Authors: Caitlin R. Kiernan
“That supposed to be some kind of goddamn joke? The son of a bitch doesn’t have a head, so yeah, he better be fucking dead,” and now Deacon can see the ragged stump of the corpse’s neck, the wet glint of bone and gristle. The man’s naked body is suspended from the high ceiling by its ankles, and there’s a steel washtub sitting on the floor directly underneath. Deacon sees that it’s at least half full, a dull skin forming on the surface as the blood cools and begins to clot.

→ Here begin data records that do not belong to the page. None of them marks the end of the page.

//! Scan scripts: parsed, made by default, and checked on a frame (T.81, B.2.3, G.1.1.1).
ghost use Rattle.std.specs.Prelude.{◌≡◌, ◌<◌, ◌≤◌, length, slice_get, Some};
ghost use Rattle.jpg_spec_write.specs.Script.{sequential_script, is_progressive_script};
ghost use Rattle.jpg_spec_write.specs.ScriptGrammar.{TellsScript};
ghost use Rattle.jpg_scans.specs.Judged.{judged};
ghost use Rattle.jpg_spec_write.specs.ScriptFaults.{script_fault, standard_script, three_colours_script, any_colours_script};

use crate::Entry;
use crate::check::fault_of;
use crate::own::{Band, push_all, push_each, push_one};
use crate::text_reader::ScriptText;
use arrayvec::ArrayVec;
use jpg_base::{Colour, Fault, FaultAt, Frame};
use jpg_spec_write::PictureFault;
use jpg_texts::read_text;
use std::marker::Model;

/// The scans that a file is written in: 1 to 100 entries.
#[derive(Drop)]
pub struct Script {
    pub(crate) entries: ArrayVec<Entry, 100>,
}

impl Model for Script {
    ghost use Rattle.std.specs.Prelude.{◌≤◌, List, length};
    ghost use Rattle.jpg_spec_write.specs.Script.{Entry as Scan};

    ghost Value = { List Scan };

    ghost view = { λ s. s.entries.items };

    ghost invariant = { λ s. (1 ≤ length s.entries.items) × (length s.entries.items ≤ 100) };
}

impl Script {
    /// The script that a text encodes, in the form of script files (the manual's wizard.txt): 1 to 100 entries of one
    /// to four components, and perhaps a colon and Ss, Se, Ah and Al, with semicolons between. Otherwise ScriptText at
    /// the first byte that no such text has there, at the text's end if it ends too early, or at 65537 if it is longer
    /// than 65536 bytes.
    pub fn parse(text: &[u8]) -> Result<Script, FaultAt>
        ensures { TellsScript text.now result }
    {
        read_text(text, ScriptText::new(), Fault::ScriptText)
    }

    /// One scan of all components, or one of each if there are several and an MCU of all would have more than ten
    /// blocks (T.81, B.2.3).
    pub fn sequential(frame: &Frame) -> Script
        ensures { result ≡ sequential_script frame.now }
    {
        let mut entries = ArrayVec::new();
        push_all(&mut entries, frame, Band::new(0, 63, 0, 0));
        Script { entries }
    }

    /// The scans of `-progressive`: DC down to bit 1 and then the low and the high AC down to bit 2, and then
    /// refinements down to bit 0. For YCbCr these are the ten scans of release 6b, which send all AC of the chrominance
    /// components at once.
    pub fn standard(frame: &Frame, colour: Colour) -> Script
        ensures { result ≡ standard_script frame.now colour }
    {
        let entries = match colour {
            Colour::YCbCr => three_colours(frame),
            _ => any_colours(frame),
        };
        Script { entries }
    }

    /// Whether files of this frame may be written in it, or else its first fault, entry by entry: ScriptComponent (a
    /// component that isn't in the frame, or they don't ascend), ScriptMcu (several of more than ten blocks an MCU),
    /// ScriptBand (the band, Ah or Al isn't allowed there, or a sequential scan isn't one of all coefficients or
    /// repeats a component); and at the end ScriptIncomplete with the first coefficient that isn't known down to bit 0.
    /// Its first entry decides whether it is progressive.
    #[tactic(auto, unfolding(jpg_spec_write::specs::ScriptFaults::script_fault))]
    pub fn check(&self, frame: &Frame) -> Result<(), PictureFault>
        ensures { result ≡ judged (script_fault frame.now self.now) }
    {
        match fault_of(self.entries.as_slice(), self.progressive(), frame) {
            None => Ok(()),
            Some(fault) => Err(fault),
        }
    }

    /// How many entries it has.
    pub fn len(&self) -> u8
        ensures value { result ≡ length self.now }
        ensures some { 1 ≤ result }
        ensures few { result ≤ 100 }
    {
        self.entries.len() as u8
    }

    /// A copy of the script.
    pub fn copy(&self) -> Script
        ensures { result ≡ self.now }
    {
        let mut entries = ArrayVec::new();
        for entry in self.entries.as_slice() {
            entries.push(entry.copy());
        }
        Script { entries }
    }

    /// The entry with index `i`, from 0.
    pub fn entry(&self, i: u8) -> Entry
        requires { i < length self.now }
        ensures { slice_get self.now i ≡ Some result }
    {
        self.entries.as_slice()[i as usize].copy()
    }

    /// Whether it is a script of a progressive file: its first scan isn't one of all coefficients.
    pub fn progressive(&self) -> bool
        ensures { result ≡ is_progressive_script self.now }
    {
        match self.entries.as_slice() {
            [first, ..] => !(first.ss == 0 && first.se == 63),
            [] => false,
        }
    }
}

// The scans of YCbCr, with all AC of each chrominance component at once.
fn three_colours(frame: &Frame) -> ArrayVec<Entry, 100>
    ensures items { result.items ≡ three_colours_script frame.now }
    ensures some { 1 ≤ length result.items }
{
    let mut entries = ArrayVec::new();
    push_all(&mut entries, frame, Band::new(0, 0, 0, 1));
    push_one(&mut entries, 0, Band::new(1, 5, 0, 2));
    push_one(&mut entries, 2, Band::new(1, 63, 0, 1));
    push_one(&mut entries, 1, Band::new(1, 63, 0, 1));
    push_one(&mut entries, 0, Band::new(6, 63, 0, 2));
    push_one(&mut entries, 0, Band::new(1, 63, 2, 1));
    push_all(&mut entries, frame, Band::new(0, 0, 1, 0));
    push_one(&mut entries, 2, Band::new(1, 63, 1, 0));
    push_one(&mut entries, 1, Band::new(1, 63, 1, 0));
    push_one(&mut entries, 0, Band::new(1, 63, 1, 0));
    entries
}

fn any_colours(frame: &Frame) -> ArrayVec<Entry, 100>
    ensures items { result.items ≡ any_colours_script frame.now }
    ensures some { 1 ≤ length result.items }
{
    let mut entries = ArrayVec::new();
    push_all(&mut entries, frame, Band::new(0, 0, 0, 1));
    push_each(&mut entries, frame, Band::new(1, 5, 0, 2));
    push_each(&mut entries, frame, Band::new(6, 63, 0, 2));
    push_each(&mut entries, frame, Band::new(1, 63, 2, 1));
    push_all(&mut entries, frame, Band::new(0, 0, 1, 0));
    push_each(&mut entries, frame, Band::new(1, 63, 1, 0));
    entries
}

“Motherfucker’s still bleeding out,” Downs says. “He hasn’t been dead long,” and Deacon turns his head and gags, squeezes his eyes shut tight and leans against the doorframe.
“Hey, man,” Downs shouts at him, “if you’re gonna puke, do it out there in the hall.”
“No, I’m okay,” Deacon says, even though he’s far from okay, and rests his dizzy, aching head against the wall.
“Don’t nobody touch jack shit,” the detective growls. “You hear me?”
“So where the fuck’s the
rest
of him?” one of the cops asks, and “Over there,” Downs says, “and over there, and over there,” and Deacon doesn’t turn around, easy enough to imagine, he doesn’t have to see it for himself.
“And you’re telling me you didn’t have any idea this was here,” Downs says.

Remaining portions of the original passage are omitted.